Shane’s conclusion was stated in the headline of her blog post: “Don’t use AI detectors for anything important.”

“If you spell it out kind of clearly, it becomes so obvious that these tools have problems,” Shane told Fortune in an interview.

If these problems are intentionally or unintentionally being used to single out individuals, then maybe this isn’t a tool that should exist, she added.

Her post discussed how the study found tools such as Originality.ai, Quill.org, and Sapling GPT, which are used to detect text written by an A.I. language generator, were “misclassifying writing by non-native English speakers” as A.I.-generated between 48% and 76% of the time, compared to 0% to 12% for native English speakers.

In simpler terms, A.I. detectors often label non-native English speakers’ writing as A.I.-written, according to the study. It’s also easy to trick A.I. detectors into thinking content is human-written if the ChatGPT prompt modifies existing language—for example, inputting “elevate the provided text by employing literary language” into ChatGPT, according to the study.

“We strongly caution against the use of GPT detectors in evaluative or educational settings, particularly when assessing the work of non-native English speakers. The high rate of false positives for non-native English writing samples identified in our study highlights the potential for unjust consequences and the risk of exacerbating existing biases against these individuals,” the authors of the study write.

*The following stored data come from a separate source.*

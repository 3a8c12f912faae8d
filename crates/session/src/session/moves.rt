// How the cursor moves.
ghost use Rattle.std.specs.Prelude.{◌≡◌};
ghost use Rattle.model.specs.Moves.{Enters, Leaves};
ghost use Rattle.session.specs.Following.{Follows, SamePayoff};

use super::Session;
use crate::step::{MAX_STEPS, Step};
use base::Fault;

impl<'a> Session<'a> {
    // Goes to a child of the cursor's node, counted from 0, links before list.
    pub fn enter(&mut self, child: u32) -> Result<(), Fault>
        ensures moved { Follows (λ m n. Enters m child result n) self.old self.new }
        ensures same { SamePayoff self.old self.new }
    {
        let Some(node) = self.stores.child(self.here, child) else {
            return Err(Fault::NoChild(self.here));
        };
        if self.depth == MAX_STEPS {
            return Err(Fault::PathFull(self.here));
        }
        self.path[self.depth] = Step {
            node: self.here,
            child,
        };
        self.depth += 1;
        self.here = node;
        Ok(())
    }

    // Goes to the parent of the cursor's node.
    pub fn leave(&mut self) -> Result<(), Fault>
        ensures moved { Follows (λ m n. Leaves m result n) self.old self.new }
        ensures same { SamePayoff self.old self.new }
    {
        if self.depth == 0 {
            return Err(Fault::AtRoot(self.here));
        }
        self.depth -= 1;
        self.here = self.path[self.depth].node;
        Ok(())
    }
}
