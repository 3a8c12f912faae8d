// What shows that the definitions below are not empty, and not stronger than they have to be: worlds, runs, hosts and
// answers that meet them. Nothing stands on this crate.

#![tactic(auto)]

mod laws;

pub use laws::{
    each_answer_can_be_true, each_call_has_one_answer, each_kind_can_be_calm,
    each_try_does_one_thing, refused_loads_are_one, runs_tell, the_first_no_is_named,
    the_laws_apply, the_premises_ask_no_more,
};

“In some cases, AI is being used to decide really important things that really strongly affect people’s future, who gets a loan or who gets parole, and when these algorithms are wrong, or when they’re biased and can really hurt people, it can be a reason to not use AI in those applications,” Shane said.

Shane puts the detectors to the test

Shane wrote that she entered a portion of her own book into two detectors. One detector rated Shane’s writing as “very likely to be AI-written” and the other, which was used in the Stanford study with a supposedly 0% false positive rate for native speakers, rated her writing as “moderately likely” to have been written by A.I. The sentence that was found “most likely to be written by a human” described an allegorical sandwich’s ingredients of “jam, ice cubes, and old socks,” Shane writes in the post.

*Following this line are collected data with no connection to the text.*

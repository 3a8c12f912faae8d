// The sweep.
ghost use Rattle.std.specs.Prelude.{◌≡◌};
ghost use Rattle.session.specs.Trying.{Writes};
ghost use Rattle.session.specs.Following.{given_of, SamePayoff};
ghost use Rattle.session.specs.Sweeping.{Visited, VisitedBelow, TriedEach, RoundsMade, SweepsAll, CountsChildren, AtRoot};

use super::Session;
use crate::step::MAX_STEPS;
use base::Fault;
use host::Host;
use model::{SweepRefused, Swept};

impl<'a> Session<'a> {
    // Tries every rule at each place that is not too far down, children first, in rounds until one rewrites nothing.
    // The cursor is at the root then, refused or not, and finished rewrites stay.
    pub fn sweep<H: Host>(&mut self, host: &H) -> Result<Swept, SweepRefused>
        ensures swept { SweepsAll (H.answers host.now) self.old self.new result }
        ensures wrote { ∥ Writes self.old self.new ∥₁ }
        ensures given { given_of self.new ≡ given_of self.old }
    {
        let before = self.rewrites;
        let rounds = self.make_rounds(host);
        self.go_to_root();
        let rewrites = self.rewrites - before;
        match rounds {
            Ok((rounds, left)) => Ok(Swept {
                rewrites,
                rounds,
                left,
            }),
            Err(fault) => Err(SweepRefused { fault, rewrites }),
        }
    }

    // Answers how many rounds there were, and whether the last one left places unvisited.
    fn make_rounds<H: Host>(&mut self, host: &H) -> Result<(u32, bool), Fault>
        ensures rounds { RoundsMade (H.answers host.now) self.old self.new result }
        ensures wrote { ∥ Writes self.old self.new ∥₁ }
        ensures given { given_of self.new ≡ given_of self.old }
    {
        let mut rounds = 0;
        loop {
            let before = self.rewrites;
            self.go_to_root();
            let left = self.visit(host)?;
            rounds += 1;
            if self.rewrites == before {
                return Ok((rounds, left));
            }
        }
    }

    // Visits the cursor's place, and first what is below it. Answers whether places there were too far down.
    #[cycle(visits)]
    fn visit<H: Host>(&mut self, host: &H) -> Result<bool, Fault>
        ensures visited { Visited (H.answers host.now) self.old self.new result }
        ensures wrote { ∥ Writes self.old self.new ∥₁ }
        ensures given { given_of self.new ≡ given_of self.old }
    {
        let left = self.visit_below(host)?;
        self.try_each(host)?;
        Ok(left)
    }

    #[cycle(visits)]
    fn visit_below<H: Host>(&mut self, host: &H) -> Result<bool, Fault>
        ensures visited { VisitedBelow (H.answers host.now) self.old self.new result }
        ensures wrote { ∥ Writes self.old self.new ∥₁ }
        ensures given { given_of self.new ≡ given_of self.old }
    {
        let children = self.child_count();
        if self.depth == MAX_STEPS {
            return Ok(children > 0);
        }
        let mut left = false;
        for child in 0..children {
            self.enter(child)?;
            left |= self.visit(host)?;
            self.leave()?;
        }
        Ok(left)
    }

    // Tries the rules at the cursor's place, one on what the other leaves.
    fn try_each<H: Host>(&mut self, host: &H) -> Result<(), Fault>
        ensures tried { TriedEach (H.answers host.now) self.old self.new result }
        ensures wrote { ∥ Writes self.old self.new ∥₁ }
        ensures given { given_of self.new ≡ given_of self.old }
    {
        self.chain(host)?;
        self.method(host)?;
        self.property(host)?;
        Ok(())
    }

    // How many children the cursor's node has.
    fn child_count(&self) -> u32
        ensures { CountsChildren self.now result }
    {
        let Some(node) = self.stores.node(self.here) else {
            return 0;
        };
        node.child_count() as u32
    }

    fn go_to_root(&mut self)
        ensures root { AtRoot self.old self.new }
        ensures same { SamePayoff self.old self.new }
    {
        self.here = self.root;
        self.depth = 0;
    }
}
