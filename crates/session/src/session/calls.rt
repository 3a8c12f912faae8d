// Making calls that are values.
ghost use Rattle.std.specs.Prelude.{◌≡◌};
ghost use Rattle.session.specs.Trying.{Writes};
ghost use Rattle.session.specs.Following.{given_of};
ghost use Rattle.session.specs.Calling.{MakesCall};

use super::Session;
use crate::call::{Answer, Call};
use host::Host;

impl<'a> Session<'a> {
    // Makes a call.
    pub fn make<H: Host>(&mut self, call: &Call<'_, H>) -> Answer
        ensures made { MakesCall H.answers call.now self.old self.new result }
        ensures wrote { ∥ Writes self.old self.new ∥₁ }
        ensures given { given_of self.new ≡ given_of self.old }
    {
        match *call {
            Call::Enter(child) => Answer::Moved(self.enter(child)),
            Call::Leave => Answer::Moved(self.leave()),
            Call::Chain(host) => Answer::Tried(self.chain(host)),
            Call::Method(host) => Answer::Tried(self.method(host)),
            Call::Property(host) => Answer::Tried(self.property(host)),
            Call::Sweep(host) => Answer::Swept(self.sweep(host)),
        }
    }
}
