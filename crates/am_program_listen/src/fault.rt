//! Why a server doesn't end well.

ghost use Rattle.std.specs.Prelude.{◌≡◌};
ghost use Rattle.am_program_listen.specs.Faults.{fault_status, fault_why, fault_words};

use am_trace_file::TraceFileFault;
use std::io;

/// Why a server doesn't end well, with what the system said of it, where that isn't told when it happens.
#[derive(Clone, Copy, Debug)]
pub enum ListenFault {
    /// The port can't be listened at.
    CannotListenAtPort(io::Error),
    /// The socket of the file system can't be listened at.
    CannotListenAtSocket(io::Error),
    /// A connection could not be accepted. In a bounded server no session comes after it.
    CannotAccept,
    /// The trace can't be written.
    CannotWriteTrace(Option<io::Error>),
    /// Memory was refused.
    NoMemory,
    /// A stop is awaited, and no thread can be started that would hear it.
    CannotHear,
}

impl ListenFault {
    /// The program's status.
    pub fn status(self) -> u8
        ensures { result ≡ fault_status self }
    {
        match self {
            ListenFault::CannotListenAtPort(_)
            | ListenFault::CannotListenAtSocket(_)
            | ListenFault::CannotAccept => 3,
            ListenFault::CannotWriteTrace(_) => 4,
            ListenFault::NoMemory | ListenFault::CannotHear => 5,
        }
    }

    /// What the system said.
    pub fn why(self) -> Option<io::Error>
        ensures { result ≡ fault_why self }
    {
        match self {
            ListenFault::CannotListenAtPort(why) | ListenFault::CannotListenAtSocket(why) => Some(
                why,
            ),
            ListenFault::CannotWriteTrace(why) => why,
            ListenFault::CannotAccept | ListenFault::NoMemory | ListenFault::CannotHear => None,
        }
    }

    /// What is said on standard error.
    pub fn words(self) -> &'static str
        ensures { result.now ≡ fault_words self }
    {
        match self {
            ListenFault::CannotListenAtPort(_) | ListenFault::CannotListenAtSocket(_) => {
                "amserve: cannot listen"
            }
            ListenFault::CannotAccept => "amserve: cannot accept",
            ListenFault::CannotWriteTrace(_) => "amserve: cannot write the trace",
            ListenFault::NoMemory => "amserve: no memory",
            ListenFault::CannotHear => "amserve: no thread to hear STOP",
        }
    }
}

impl From<TraceFileFault> for ListenFault {
    ghost use Rattle.am_program_listen.specs.Faults.{fault_of_file};

    ghost from_gives = { λ file fault. fault ≡ fault_of_file file };

    fn from(fault: TraceFileFault) -> ListenFault {
        match fault {
            TraceFileFault::CannotWrite(why) => ListenFault::CannotWriteTrace(Some(why)),
            TraceFileFault::NoMemory => ListenFault::NoMemory,
        }
    }
}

When she prompted ChatGPT to “elevate the following text by employing literary language,” it spits out a bizarre, wordy speech—one full of words like “interlocutor,” “forsaken hosiery,” and “sojourn.”

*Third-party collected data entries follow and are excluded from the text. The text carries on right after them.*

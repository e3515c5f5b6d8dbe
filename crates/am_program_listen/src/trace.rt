//! The file of a server's trace, from its opening until it has its name.

ghost use Rattle.std.specs.Prelude.{◌≡◌, ◌≢◌, IfOk, is_some, true, false, None, Ok, Err};
ghost use Rattle.am_trace_text.specs.Headers.{line_version};
ghost use Rattle.am_trace_text.specs.declared.version.Version.TheVariants.{One};

use crate::ending::remove_socket;
use crate::fault::ListenFault;
use am_program_options::Listening;
use am_trace_file::{GrowingFile, Outbox, Sending, TraceFile};
use am_trace_text::Header;
use am_trace_writer::{PieceTaker, TraceWriter};
use std::fs::File;
use std::rt::Files;
use std::sync::Wait;

/// Writes the trace to an outbox.
pub type Writer<'a, R> = TraceWriter<Sending<'a, R>>;

/// The file for the trace, where one is named. It still has what it had.
#[derive(Drop)]
pub struct OpenedTrace {
    opened: Option<OpenedFile>,
    // Whether its server stays, and so says at once that it can't be written any further.
    stays: bool,
}

#[derive(Drop)]
struct OpenedFile {
    trace: TraceFile,
    file: File,
    // The name by which it is told.
    name: String,
}

impl OpenedTrace {
    /// Opens the file that is named: that of a server that stays grows, and that of a bounded one gets its name at the
    /// end.
    ///
    /// # Errors
    /// CannotWriteTrace, where the system refuses it; NoMemory, where memory was refused.
    #[inline(never)]
    pub fn open<R: AllocGlobal + Files<File = File>>(
        rt: &R,
        listening: &Listening<'_>,
    ) -> Result<OpenedTrace, ListenFault>
        ensures named { IfOk result (λ trace. is_some trace.opened ≡ is_some listening.now.trace) }
        ensures stays { IfOk result (λ trace. trace.stays ≡ listening.now.stays) }
    {
        let opened = match listening.trace {
            Some(path) => Some(open_file(rt, path, listening.stays)?),
            None => None,
        };
        Ok(OpenedTrace {
            opened,
            stays: listening.stays,
        })
    }

    /// Removes what stands beside the file.
    pub fn forget<R: Files>(&self, rt: &R) {
        if let Some(opened) = &self.opened {
            opened.trace.forget(rt);
        }
    }

    /// Gives the outbox the file, of which all that stood in it is forgotten. Answers the file by its name.
    pub fn give_to<R: Wait>(self, rt: &R, outbox: &Outbox) -> Option<TraceFile>
        ensures { is_some result ≡ is_some self.opened }
    {
        let OpenedTrace { opened, stays } = self;
        let OpenedFile { trace, file, name } = opened?;
        let warning = stays.then_some(ListenFault::CannotWriteTrace(None).words());
        outbox.give_file(rt, GrowingFile::new(file, name, warning));
        Some(trace)
    }
}

// Opens the file of that name, which grows, or gets its name at the end.
fn open_file<R: AllocGlobal + Files<File = File>>(
    rt: &R,
    path: &str,
    grows: bool,
) -> Result<OpenedFile, ListenFault> {
    let Ok(name) = String::from_str(rt.alloc(), path) else {
        return Err(ListenFault::NoMemory);
    };
    let (trace, file) = if grows {
        TraceFile::open_growing(rt, path)?
    } else {
        TraceFile::open_beside(rt, path)?
    };
    Ok(OpenedFile { trace, file, name })
}

/// The writer of the trace, where a file is named, which has written this first line.
///
/// # Errors
/// CannotWriteTrace, where the server stays and the line can't be written; nothing is left of the socket then.
#[inline(never)]
pub fn begin_trace<'a, R: AllocGlobal + Files + Eprint + Wait>(
    rt: &'a R,
    listening: &Listening<'_>,
    outbox: &'a Outbox,
    header: Header,
) -> Result<Option<Writer<'a, R>>, ListenFault>
    requires written { line_version header ≢ One }
    ensures { IfOk result (λ writer. is_some writer ≡ is_some listening.now.trace) }
{
    if listening.trace.is_none() {
        return Ok(None);
    }
    let writer = TraceWriter::begin(rt.alloc(), Sending::new(rt, outbox), header);
    if listening.stays && writer.is_cut() {
        remove_socket(rt, listening);
        return Err(ListenFault::CannotWriteTrace(None));
    }
    Ok(Some(writer))
}

/// Removes what stands beside the file of the trace, where one is named.
pub fn forget_trace<R: Files>(rt: &R, file: Option<&TraceFile>) {
    if let Some(file) = file {
        file.forget(rt);
    }
}

/// Gives what was written the name of the file, where one is named. Before that its first line is mended, where another
/// is due than the one that it was begun with. Of a trace that is cut nothing is left.
///
/// # Errors
/// CannotWriteTrace, where the trace is cut, or the system refuses the name.
pub fn store_trace<R: Files<File = File>>(
    rt: &R,
    file: Option<&TraceFile>,
    is_cut: bool,
    begun: Header,
    due: Header,
) -> Result<(), ListenFault>
    ensures cut { is_cut ≡ true → result ≡ Err (ListenFault.CannotWriteTrace None) }
    ensures unnamed { file.entry ≡ None → is_cut ≡ false → result ≡ Ok tt }
{
    if is_cut {
        forget_trace(rt, file);
        return Err(ListenFault::CannotWriteTrace(None));
    }
    match file {
        Some(file) => {
            if due != begun {
                file.mend_first_line(rt, due.line().as_slice())?;
            }
            file.keep(rt)?;
            Ok(())
        }
        None => Ok(()),
    }
}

The A.I. detection tools give that kind of writing a “likely written entirely by human” rating.

Shane then asks ChatGPT to rewrite her original test as a Dr. Seuss poem and in Old English. How did A.I. detection tools rate the passages? They were rated as “more likely human-written” than the untouched text from her published book.

The responsibility is on people who are marketing these detectors to honestly look into the rate of misidentifying text and at what the consequences of that are, Shane told Fortune.

It’s already an issue in schools, which are likely using cheating prevention measures like these tools. In one known case, AI detection tools punished a student at the University of California, with others likely facing similar undeserved repercussions.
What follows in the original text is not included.